No other work is worth but to meet good company and sing glory of name of God.

God is omni visisble,many know that and fewer realsie that.that realsisation is concept of Haq Haq Agah in Islam,or say Ruh Al Qudus state as per Christians.That is being one with God and above heavan or Jannat as both heavan and hell are made by God and wil be destroyed.Allah Hu Baqi Bin Tul Eye Fani,Only Allah shal reamain and all else will end.From same light(nur) Allah made us and by same Allah can destouy us and absorbs us back.So

God is omin visible and without God all matter or maamon or maya is false and only visible like dream as it is decayable ,only Truth is Eternal,we can it as Beej Mantra(Bhai Daya Singh Rahit Nammah) Sat Sri Akal.


----------



## ISDhillon (Jul 6, 2006)

> How can man pray to God when man is God? If God is within us then is there a part of us that isn’t God? The part which prays? The part which discovers God?



We dont pray to god we meditate on his name to awaken the divine within, it is a spiritual exercise why would we worship something which is inherent to our being, we sing the glory of the divine because that will control our ego if we bow to something greater than us its not because we pray to ourselves, ego will take man away from the inner divine


> If God is beyond all rationality, is there another means by which we can realise Him? If this is spirituality, then this is an internal process relative to each person, such a mechanism renders Sikhism completely esoteric, but this isn’t the case.



god is bliss bliss is inconceivable it is however knowable and if that makes it esoteric then that is ok because no religion knows god other than by descritpiton, sikhism makes man become one with the description through meditative practices.



> Sikhs have a variety of external symbolic behaviours, yet Guru Nanak condemned ritualistic practices. It seems to me that the definitions of terms change according to the situation. Please do not take offence from these views. Make me understand.



amrit ceremony binds a sikh to the ceromy of truthful living they are only valid reminders as a sikh our guru ordered it so we do it but if we just wear the symbols and think we are, then we will lose out on the purpose of sikhi.
    indy


----------



## Sinister (Jul 8, 2006)

Hello. welcome to the forum- always nice to see so much diversity.

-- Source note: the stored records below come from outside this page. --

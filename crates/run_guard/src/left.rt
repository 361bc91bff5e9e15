use crate::guard::MARK;
use std::alloc::Global;
use std::fs::Files;
use std::io::ErrorKind;
use std::path::Path;
use std::{fs, io};

/// Where the system shows its processes, each as a folder that its number names.
const PROCESSES: &str = "/proc";

/// Returns what a call gave, or `None` where it failed for another reason than memory: the process
/// ended meanwhile, or is another user's.
fn if_shown<T>(given: io::Result<T>) -> io::Result<Option<T>> {
    match given {
        Ok(it) => Ok(Some(it)),
        Err(e) if e.kind() == ErrorKind::OutOfMemory => Err(e),
        Err(_) => Ok(None),
    }
}

/// Returns whether the working directory of a process is the folder or below it.
fn works_in<R: Files + AllocGlobal>(
    rt: &R,
    alloc: Global,
    process: u32,
    folder: Path<'_>,
) -> io::Result<bool> {
    let link = format!(in alloc; "{PROCESSES}/{process}/cwd")?;
    let dir = if_shown(fs::read_link(rt, link.as_str()))?;
    Ok(dir.is_some_and(|dir| dir.as_path().starts_with(folder)))
}

/// Returns whether a variable of an environment, as the system shows it, is the mark of a run other
/// than `own`.
fn has_other_mark(environment: &[u8], own: Option<&str>) -> bool {
    for variable in environment.split(|byte| *byte == 0) {
        if let Some(mark) = mark_of(variable) {
            return Some(mark) != own.map(|own| own.as_bytes());
        }
    }
    false
}

/// Returns the value of a variable that holds the mark of a run.
fn mark_of(variable: &[u8]) -> Option<&[u8]> {
    variable.strip_prefix(MARK.as_bytes())?.strip_prefix(b"=")
}

/// Returns whether a process is a job, or what a job started, of another run than `own`.
fn is_job<R: Files + AllocGlobal>(
    rt: &R,
    alloc: Global,
    process: u32,
    own: Option<&str>,
) -> io::Result<bool> {
    let path = format!(in alloc; "{PROCESSES}/{process}/environ")?;
    let environment = if_shown(fs::read(rt, path.as_str()))?;
    Ok(environment.is_some_and(|bytes| has_other_mark(bytes.as_slice(), own)))
}

/// Returns the numbers of the processes that are jobs of other runs, or were started by such, and
/// whose working directory is the folder or below it. `own` is the mark of the run to which this
/// process itself belongs as a job, if it does. There are none where the folder is missing, or where
/// the system shows no processes.
pub fn jobs_in<R: Files + AllocGlobal + Clone + Drop>(
    rt: &R,
    alloc: Global,
    folder: &str,
    own: Option<&str>,
) -> io::Result<Vec<u32>> {
    let mut found = Vec::new(alloc);
    let Some(folder) = if_shown(fs::canonicalize(rt, folder))? else {
        return Ok(found);
    };
    let Some(entries) = if_shown(fs::read_dir(rt, PROCESSES))? else {
        return Ok(found);
    };
    for entry in entries {
        let Ok(process) = entry?.file_name().parse::<u32>() else {
            continue;
        };
        if works_in(rt, alloc, process, folder.as_path())? && is_job(rt, alloc, process, own)? {
            found.push(process)?;
        }
    }
    Ok(found)
}
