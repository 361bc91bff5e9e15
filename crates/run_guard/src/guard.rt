ghost use Rattle.std.specs.Prelude.{◌≡◌, Some, OnOk, codes};
ghost use Rattle.std.specs.Process.{command_var, SameOtherVars, SameProgramAndArgs, SameDir};

use std::alloc::{AllocError, Global};
use std::fmt::Write as _;
use std::io;
use std::io::{ErrorKind, Write};
use std::process::{Child, Command, OpenProcess, Processes, Stdio};
use std::random::RandomSource;

/// The variable that holds the mark of a run in the environment of its jobs.
pub const MARK: &str = "WDL_RUN";

/// The program that starts another one in a session of its own: `setsid PROGRAM ARGUMENT..`.
pub const SESSION: &str = "setsid";

/// What the guard of the mark `$1` does. Its input ends when the run has ended. Then it ends the
/// processes that have the mark: by TERM, and after five seconds by KILL, so that the next run,
/// which waits for ten, finds none of them. One that was started while the others were looked for
/// gets it a second later: a process that was begun as the run ended shows the mark only once it is
/// the job's, so the guard ends where it has found none twice. A line on the input releases it; it
/// then removes the folder `$2`, where there is one, and gives way to other processes where the line
/// says `later`.
const SCRIPT: &str = "mark=$1 old=$2 told= none=
trap '' HUP INT QUIT TERM
left() { grep -lsF \"$mark\" /proc/[0-9]*/environ; }
end() {
  for file in $(left); do
    case $told in *\"$1$file\"*) continue ;; esac
    told=\"$told $1$file\"
    process=${file#/proc/}
    kill -s \"$1\" \"${process%/environ}\"
  done
}
if read -r how; then
  [ -d \"$old\" ] || exit 0
  case $old in /*) cd / ;; esac
  case $how in later) renice -n 19 $$ ;; esac
  rm -rf -- \"$old\" || { chmod -R u+rwx -- \"$old\"; rm -rf -- \"$old\"; }
  exit
fi
for signal in TERM TERM TERM TERM TERM KILL KILL KILL KILL KILL; do
  end \"$signal\"
  if [ \"$(left)\" ]; then none=; elif [ \"$none\" ]; then exit; else none=1; fi
  sleep 1
done
";

/// The guard of a run that goes on: a process that waits for the end of this one. Where the guard is
/// dropped, and where this process ends, however it ends, the processes that have its mark are
/// ended, those in sessions of their own too.
#[derive(Drop)]
pub struct Guard<P: OpenProcess> {
    child: Child<P>,
    pub mark: String,
}

/// Returns a new mark of a run: sixteen random bytes in hexadecimal.
pub fn fresh_mark<R: RandomSource>(rt: &R, alloc: Global) -> io::Result<String> {
    let mut bytes = [0u8; 16];
    rt.fill_bytes(&mut bytes)?;
    let mut mark = String::new(alloc);
    for byte in bytes {
        write!(mark, "{byte:02x}")?;
    }
    Ok(mark)
}

/// Starts the process of a guard by the program `first`.
fn start_by<R: Processes>(
    rt: &R,
    alloc: Global,
    first: &str,
    arguments: &[&str],
) -> io::Result<Child<R::Started>> {
    let mut command = Command::new(alloc, first)?;
    command.args(arguments)?;
    command.stdin(Stdio::piped());
    command.stdout(Stdio::null()).stderr(Stdio::null());
    command.spawn(rt)
}

/// Starts the process of a guard: in a session of its own, so that no signal to the group of this
/// process reaches it, where the system has `setsid`.
fn start_script<R: Processes>(
    rt: &R,
    alloc: Global,
    mark: &str,
    old: &str,
) -> io::Result<Child<R::Started>> {
    let arguments = ["sh", "-c", SCRIPT, "sh", mark, old];
    match start_by(rt, alloc, SESSION, &arguments) {
        Err(e) if e.kind() == ErrorKind::NotFound => start_by(rt, alloc, "sh", &arguments[1..]),
        other => other,
    }
}

/// Starts the guard of the run of this mark. `old` is the path of the folder that it removes when it
/// is released.
pub fn start<R: Processes>(
    rt: &R,
    alloc: Global,
    mark: String,
    old: &str,
) -> io::Result<Guard<R::Started>> {
    let child = start_script(rt, alloc, mark.as_str(), old)?;
    Ok(Guard { child, mark })
}

/// Gives a job the mark of its run. Its program, arguments, directory and other variables stay.
pub fn add_mark(job: &mut Command, mark: &str) -> Result<(), AllocError>
    ensures set { OnOk result
        (command_var job.new (codes "WDL_RUN") ≡ Some (Some mark.now)) }
    ensures others { OnOk result (SameOtherVars job.old job.new (codes "WDL_RUN")) }
    ensures call { OnOk result (SameProgramAndArgs job.old job.new) }
    ensures dir { OnOk result (SameDir job.old job.new) }
{
    job.env(MARK, mark)?;
    Ok(())
}

impl<P: OpenProcess + Drop> Guard<P> {
    /// Releases the guard. What the jobs left running goes on. `waits` tells whether to wait until it
    /// has removed its folder and ended; else it does so after this process, and gives way to others.
    pub fn release(self, waits: bool) -> io::Result<()> {
        let Guard { mut child, mark } = self;
        drop(mark);
        if let Some(input) = &mut child.stdin {
            let line: &[u8] = if waits { b"now\n" } else { b"later\n" };
            input.write_all(line)?;
        }
        if waits {
            child.wait()?;
        }
        Ok(())
    }
}
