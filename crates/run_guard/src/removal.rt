use std::alloc::Global;
use std::io;
use std::process::{Command, Processes, Stdio};

/// Removes the folder `$1` with all that is in it, also what is in folders that nobody may write.
const SCRIPT: &str = "rm -rf -- \"$1\" || { chmod -R u+rwx -- \"$1\"; rm -rf -- \"$1\"; }";

/// Removes a folder with all that is in it, as far as the system lets it.
pub fn remove<R: Processes>(rt: &R, alloc: Global, folder: &str) -> io::Result<()> {
    let mut command = Command::new(alloc, "sh")?;
    command.args(["-c", SCRIPT, "sh", folder])?;
    command.stdin(Stdio::null());
    command.stdout(Stdio::null()).stderr(Stdio::null());
    command.status(rt)?;
    Ok(())
}
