//! The inputs of a workflow as a form: a JSON object with the type of each input in the place of
//! its value, which a person fills in and hands to a run (OpenWDL 1.1, "JSON Input Format").
#![tactic(auto)]

mod form;
mod line;
mod literal;
mod typed;

pub use form::inputs_form;
pub use line::Line;
pub use typed::type_text;
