//! The form of a workflow.

ghost use Rattle.std.specs.Prelude.{◌≡◌, IfOk, map};
ghost use Rattle.input_form.specs.Form as spec;

use crate::line::{Line, line_of};
use std::alloc::Global;
use wdl_typed::{FlowDef, TInput};
use wdl_value::{Name, NoMemory, Text};

/// The lines of inputs, in their order.
fn lines_of(alloc: Global, flow: &Name, inputs: &[TInput]) -> Result<Vec<Line>, NoMemory>
    ensures { IfOk result (λ ls. ls.items ≡ map (spec.line_of flow.now) inputs.now) }
{
    let mut lines = Vec::new(alloc);
    for input in inputs {
        lines.push(line_of(alloc, flow, input)?)?;
    }
    Ok(lines)
}

/// The lines of inputs, in the order of the document.
fn ordered_lines(alloc: Global, flow: &FlowDef) -> Result<Vec<Line>, NoMemory>
    ensures { IfOk result (λ ls. spec.IsInTextOrder (map (spec.line_of flow.now.name) flow.now.inputs) ls.items) }
{
    let mut lines = lines_of(alloc, &flow.name, flow.inputs.as_slice())?;
    lines.sort_by_key(|line| line.start)?;
    Ok(lines)
}

/// The object with these lines.
fn object_of(alloc: Global, lines: &[Line]) -> Result<Text, NoMemory>
    ensures { IfOk result (λ t. t ≡ spec.object_text lines.now) }
{
    let Some((first, more)) = lines.split_first() else {
        return Text::from_plain(alloc, "{}");
    };
    let mut text = Text::from_plain(alloc, "{\n")?;
    text.push_str(first.text.as_str())?;
    for line in more {
        text.push_str(",\n")?;
        text.push_str(line.text.as_str())?;
    }
    text.push_str("\n}")?;
    Ok(text)
}

/// Returns the form of a workflow's inputs: a JSON object with a member `workflow.input` for each
/// input, in the order of the document, each on a line of its own behind two blanks; `{}` where
/// there is no input.
///
/// The value of a member is a text: the type of the input as a document writes it, and behind it
/// ` (optional)` where the input is optional or has a default, or ` (optional, default JSON)` where
/// its default is a literal, with that literal as JSON. An imported struct has the name that the
/// checked form gives it. The form has no newline at its end.
pub fn inputs_form(alloc: Global, flow: &FlowDef) -> Result<Text, NoMemory>
    ensures value { IfOk result (spec.IsForm flow.now) }
{
    let lines = ordered_lines(alloc, flow)?;
    object_of(alloc, lines.as_slice())
}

*Please note, that these are my veiws upon the Sikh faith. Everyone has their own 'tweeked' veiws, which makes this faith so dynamic*:




Bredrens, I beleive we are heading down the wrong path while trying to explain this faith.
To me Sikhism is more "a lesson of morality" rather than a philosophical discourse on the natural and metaphysical world.

This entire notion about understanding God and God's nature is rather 'unimportant'. And by any means it is not the centerpeice of the faith.

The very idea that our guru's said that God is both the creator and the creation is contradictory (because every creation must have a creator by the sheer definition of the terms). 

This contradiction as well as the hundreds of other contradictions written in the baani while trying to reveal gods nature is intentional. I beleive it bears a metaphor that the guru's tried to establish: *that the human mind will never be able to grasp the entirity of the universe (GOD).*

The entire Idea of "enlightenment" by becoming "ONE" with God is something entirely based upon faith.

(For myself, this task is impossible, no one can become 'one' with god...please read on)

To become "one" with something that you cannot fully comprehend is impossible?
(its like trying to picture/understand/live in---a fourth dimensional world)
and the entire notion that meditation (without any social bearing to ones fellow man) can bring inner peice is farce.

So how to acheive this western concept of "salvation"?
--Ones continous development of sikh Morality.

*We dont pray to god we meditate on his name to awaken the divine within*
*-- IS Dhillon*
As you can tell many sikhs are gnostic's (I stay away from Gnosticism....it undermines the fact that we are social beings). A Gnostic will beleive that knowledge (Gyaan) must be determined through some technical process of meditation, when, in reality, morality is what matters! Morality is the only thing that can bring one closer to another fellow man (And in this relationship with ones fellow man god resides).

Cheers mate.


----------



## ISDhillon (Jul 9, 2006)

> To me Sikhism is more "a lesson of morality" rather than a philosophical discourse on the natural and metaphysical world.


 

oh really, please provide a quote from sggs which suggests that living the moral life will lead one to salvation in the hereafter?  you will not find it the guru liberated the bad immoral people also he taught us that god causes morality and immorality, but without naam the 2 are both useless cos we will be reborn, if living the moral life could grant you salvation in the hereafter then islam would suffice and we would not need sikhism thats for sure.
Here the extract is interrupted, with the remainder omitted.